An extension of SSI is an interaction of adjacent structures. The present-day cities’ existence of a high raised and high density of buildings inevitably results in the possibility of seismic interaction of adjacent buildings through the underlying soil. During an earthquake, the presence of one structure may affect the dynamic response of another, resulting in structure–soil–structure interaction (SSSI). The SSSI is important for the performance assessment of buildings in dense urban areas and is receiving some considerable attention in recent years. Although, the limited studies on SSSI are well-documented field and/or experimental data available but still no related provisions are made in any standard code of practice.
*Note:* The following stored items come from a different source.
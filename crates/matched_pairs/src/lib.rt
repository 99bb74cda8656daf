//! Pairs of places through which a walk of two things at a time has gone.
#![tactic(auto)]

mod pairs;

pub use pairs::Pairs;
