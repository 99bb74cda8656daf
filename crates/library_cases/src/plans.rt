//! Plans of failing calls, as steps have them: `write 2 prefix-3 remove 1 old`.

use case_files::number_of;
use cm_base::{CallKind, FailAt, Left, List, NoMemory, Text};
use std::alloc::Global;

/// The calls by their words.
const CALLS: [(&[u8], CallKind); 4] = [
    (b"read", CallKind::Read),
    (b"write", CallKind::Write),
    (b"remove", CallKind::Remove),
    (b"list", CallKind::List),
];

/// The call of a word.
fn call_of(word: &[u8]) -> Option<CallKind> {
    for (known, call) in CALLS {
        if known == word {
            return Some(call);
        }
    }
    None
}

/// What a failed call leaves, by its word: the old bytes, nothing, or so many of the new bytes.
fn left_of(word: &[u8]) -> Option<Left> {
    match word {
        b"old" => Some(Left::Old),
        b"nothing" => Some(Left::Nothing),
        _ => Some(Left::Prefix(number_of(word.strip_prefix(b"prefix-")?)?)),
    }
}

/// The entry of three words.
fn entry_of(words: &[Text]) -> Option<FailAt> {
    let [call, nth, left] = words else {
        return None;
    };
    Some(FailAt {
        kind: call_of(call.as_bytes())?,
        nth: number_of(nth.as_bytes())?,
        left: left_of(left.as_bytes())?,
    })
}

/// The plan of words, three an entry. None where they mean nothing.
pub fn plan_of(alloc: Global, words: &[Text]) -> Result<Option<List<FailAt>>, NoMemory> {
    let mut plan = List::new(alloc);
    for words in words.chunks(3) {
        let Some(entry) = entry_of(words) else {
            return Ok(None);
        };
        plan.add(entry)?;
    }
    Ok(Some(plan))
}
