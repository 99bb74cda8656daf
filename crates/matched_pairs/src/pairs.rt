//! A set of pairs of places.

ghost use Rattle.std.specs.Prelude.{◌≡◌, ℕ, false, OnOk, OnErr};
ghost use Rattle.matched_pairs.specs.Pairs.{has_pair, HasOneMore};

use cm_base::NoMemory;
use indexmap::IndexSet;
use std::alloc::Global;

/// A place at which something is specified, and one at which something is found.
#[derive(PartialEq, Eq, Hash, Drop)]
pub(crate) struct Pair {
    pub(crate) specified: usize,
    pub(crate) found: usize,
}

/// Some pairs of places.
#[derive(Drop)]
pub struct Pairs {
    pub(crate) pairs: IndexSet<Pair>,
}

impl Pairs {
    /// No pair.
    pub fn new(alloc: Global) -> Pairs
        ensures { (p q : ℕ) → has_pair result p q ≡ false }
    {
        Pairs {
            pairs: IndexSet::new(alloc),
        }
    }

    /// Whether two places are one of them.
    pub fn has(&self, specified: usize, found: usize) -> bool
        ensures { result ≡ has_pair self.now specified found }
    {
        self.pairs.contains(&Pair { specified, found })
    }

    /// Two places are one of them from now on. After want of memory nothing is changed.
    pub fn add(&mut self, specified: usize, found: usize) -> Result<(), NoMemory>
        ensures ok { OnOk result (HasOneMore self.old self.new specified found) }
        ensures err { OnErr result ((p q : ℕ) → has_pair self.new p q ≡ has_pair self.old p q) }
    {
        self.pairs.insert(Pair { specified, found })?;
        Ok(())
    }
}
A recent review of the SSSI problem can be found in Menglin et al. [1]. Due to the difficulties involved in modelling the multiple interactions, previous studies of the dynamic SSSI phenomena have been explored analytically and also numerically based either on finite element (FE) or boundary element (BE) methods or on coupled FE/BE procedure and provided qualitative evidence of the dynamic interaction effects between adjacent structures [2,3,4,5,6,7,8,9]. Based on these studies on SSSI, the dynamic interaction between adjacent buildings with consideration of the underlying or surrounding soil influences each other through the soil during earthquakes and exhibits dynamic behaviours different from those of isolated building.
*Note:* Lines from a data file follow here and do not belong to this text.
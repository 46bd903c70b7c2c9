//! Files of rows, read whole: each row is a command, or the first bad row is told, and in it the first bad column.
#![tactic(auto)]

mod acts;
mod declarations;
mod fault;
mod reading;
mod rows;

pub use acts::ActRow;
pub use declarations::DeclarationRow;
pub use fault::BatchFault;
pub use reading::{read_acts, read_declarations};
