//! Rows of files: what reads a row, and the columns of a record.
ghost use Rattle.std.specs.Prelude.{◌≡◌, ℕ, Bool, Result, IfOk};
ghost use Rattle.csv.specs.Records.{fields_of};
ghost use Rattle.td_batch_rows.specs.Rows.{Fields, field_text};

use csv::ByteRecord;
use std::alloc::{AllocError, Global};

/// A row of a kind of files.
pub(crate) trait FileRow: Sized + Drop {
    /// Whether a record is the header of such a file.
    ghost is_header: { Fields → Bool };

    /// The row that a record is, or the first bad column.
    ghost row_of: { Fields → Result Self ℕ };

    /// Whether a record is the header.
    fn is_header(row: &ByteRecord) -> bool
        ensures { result ≡ is_header (fields_of row.now) };

    /// The row that a record is, or the first bad column. `AllocError`: want of memory.
    fn read(alloc: Global, row: &ByteRecord) -> Result<Result<Self, u32>, AllocError>
        ensures { IfOk result (λ read. read ≡ row_of (fields_of row.now)) };
}

/// The text of a column, counted from 0; of one that isn't there, no bytes.
pub(crate) fn field(row: &ByteRecord, place: usize) -> &[u8]
    ensures { result.now ≡ field_text (fields_of row.now) place }
{
    match row.get(place) {
        Some(text) => text,
        None => &[],
    }
}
In this paper, a numerical investigation is carried out on adjacent buildings idealized as a simplified two-dimensional discrete model and underlying or surrounding soil coupled by a rotational interaction spring and the non-stationary Kanai–Tajimi accelerogram is employed as artificial seismic excitation input to study the dynamic of SSSI phenomena. The dynamic response of two adjacent buildings in the coupled SSSI system due to artificial seismic excitation input is compared and the parameters of the two adjacent buildings that affect the dynamic coupling interaction between adjacent building structures in the coupled SSSI system are also investigated.
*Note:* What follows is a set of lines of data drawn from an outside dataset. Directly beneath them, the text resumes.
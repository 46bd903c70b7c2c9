//! Acts of offices, by the columns of a row.
ghost use Rattle.std.specs.Prelude.{◌≡◌};
ghost use Rattle.csv.specs.Records.{fields_of};
ghost use Rattle.td_fields.specs.BodyFields.{control_read, ground_read};
ghost use Rattle.td_batch_rows.specs.Acts.{message_read, command_read, act_read, act_row};

use crate::rows::{FileRow, field};
use csv::ByteRecord;
use std::alloc::{AllocError, Global};
use std::marker::Model;
use td_base::{Day, Mrn, OfficeNo};
use td_commands::Command;
use td_movement::{Control, Ground};

/// A row of a file of acts: the command that it is.
#[derive(Debug, Drop)]
pub struct ActRow {
    command: Command,
}

impl Model for ActRow {
    ghost use Rattle.td_commands.specs.declared.command.Command.{Command};

    ghost Value = { Command };

    ghost view = { λ r. r.command };
}

impl ActRow {
    /// The command.
    pub fn command(&self) -> &Command
        ensures { result.now ≡ self.now }
    {
        &self.command
    }
}

impl FileRow for ActRow {
    ghost use Rattle.std.specs.Prelude.{◌≡◌};
    ghost use Rattle.td_batch_rows.specs.Acts.{act_row, is_acts_header};

    ghost is_header = { is_acts_header };

    ghost row_of = { act_row };

    fn is_header(row: &ByteRecord) -> bool {
        row.len() == 3
            && field(row, 0) == b"message".as_slice()
            && field(row, 1) == b"mrn".as_slice()
            && field(row, 2) == b"value".as_slice()
    }

    fn read(_alloc: Global, row: &ByteRecord) -> Result<Result<Self, u32>, AllocError> {
        Ok(act_in(row).map(|command| ActRow { command }))
    }
}

// The messages that an office may send in a file.
#[derive(Clone, Copy)]
enum Message {
    Ie029,
    Ie007,
    Ie018,
    Ie045,
    Ie140,
}

// The act that a row is, or the first bad column.
fn act_in(row: &ByteRecord) -> Result<Command, u32>
    ensures { result ≡ act_row (fields_of row.now) }
{
    if row.len() != 3 {
        return Err(0);
    }
    act_of(field(row, 0), field(row, 1), field(row, 2))
}

// The act that the texts of the columns say, or the first bad column.
fn act_of(message: &[u8], mrn: &[u8], value: &[u8]) -> Result<Command, u32>
    ensures { result ≡ act_read message.now mrn.now value.now }
{
    let Some(message) = message_in(message) else {
        return Err(1);
    };
    let Ok(mrn) = Mrn::read(mrn) else {
        return Err(2);
    };
    match command_in(message, mrn, value) {
        Some(command) => Ok(command),
        None => Err(3),
    }
}

// The message that a text names.
fn message_in(text: &[u8]) -> Option<Message>
    ensures { result ≡ message_read text.now }
{
    match text {
        b"IE029" => Some(Message::Ie029),
        b"IE007" => Some(Message::Ie007),
        b"IE018" => Some(Message::Ie018),
        b"IE045" => Some(Message::Ie045),
        b"IE140" => Some(Message::Ie140),
        _ => None,
    }
}

// The act of a message, by its value.
fn command_in(message: Message, mrn: Mrn, value: &[u8]) -> Option<Command>
    ensures { result ≡ command_read message mrn value.now }
{
    match message {
        Message::Ie029 => Day::read(value).map(|limit| Command::Ie029 { mrn, limit }),
        Message::Ie007 => OfficeNo::read(value).map(|office| Command::Ie007 { mrn, office }),
        Message::Ie018 => control_in(value).map(|control| Command::Ie018 {
            mrn,
            result: control,
        }),
        Message::Ie045 => ground_in(value).map(|ground| Command::Ie045 { mrn, ground }),
        Message::Ie140 => value.is_empty().then_some(Command::Ie140 { mrn }),
    }
}

// The result of a control, by its code.
fn control_in(text: &[u8]) -> Option<Control>
    ensures { result ≡ control_read text.now }
{
    Control::read(text)
}

// The ground of a write-off, by the word for it.
fn ground_in(text: &[u8]) -> Option<Ground>
    ensures { result ≡ ground_read text.now }
{
    Ground::read(text)
}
2 Equation of Motion of the Coupled SSSI System

In this paper, the coupled SSSI system consists of two adjacent buildings modelled as a simple 2D-discrete model system with six degrees of freedom (DOF) and underlying or surrounding soil is coupled by a rotational interaction spring. The assumption made to derive the equation of motion of the coupled SSSI system in the present study is as follows, (i) the inter-building spacing, i.e. space between the two adjacent buildings is assumed to be large enough to avoid pounding, (ii) the total height of the two adjacent buildings can vary and be different but is idealized as 2-DOF lumped mass system, (iii) both the buildings have a similar square plan area of \({b}^{2}\), and the average building density, \({\rho }_{b}\) is kept constant, (iv) the soil profile under the two adjacent buildings remains same, and the radius of gyration of the soil-cylinder (directly under the rigid foundation) is calculated according to the Newmark’s empirical expression \({r}_{b}\approx 0.33\). Therefore, \(r_{1} = r_{2} { } = { }0.33b\). [10] (v) the wave passage effects and spatially heterogeneous ground motion are assumed to be negligible; therefore, the foundation of the two adjacent buildings is applied with same ground motion.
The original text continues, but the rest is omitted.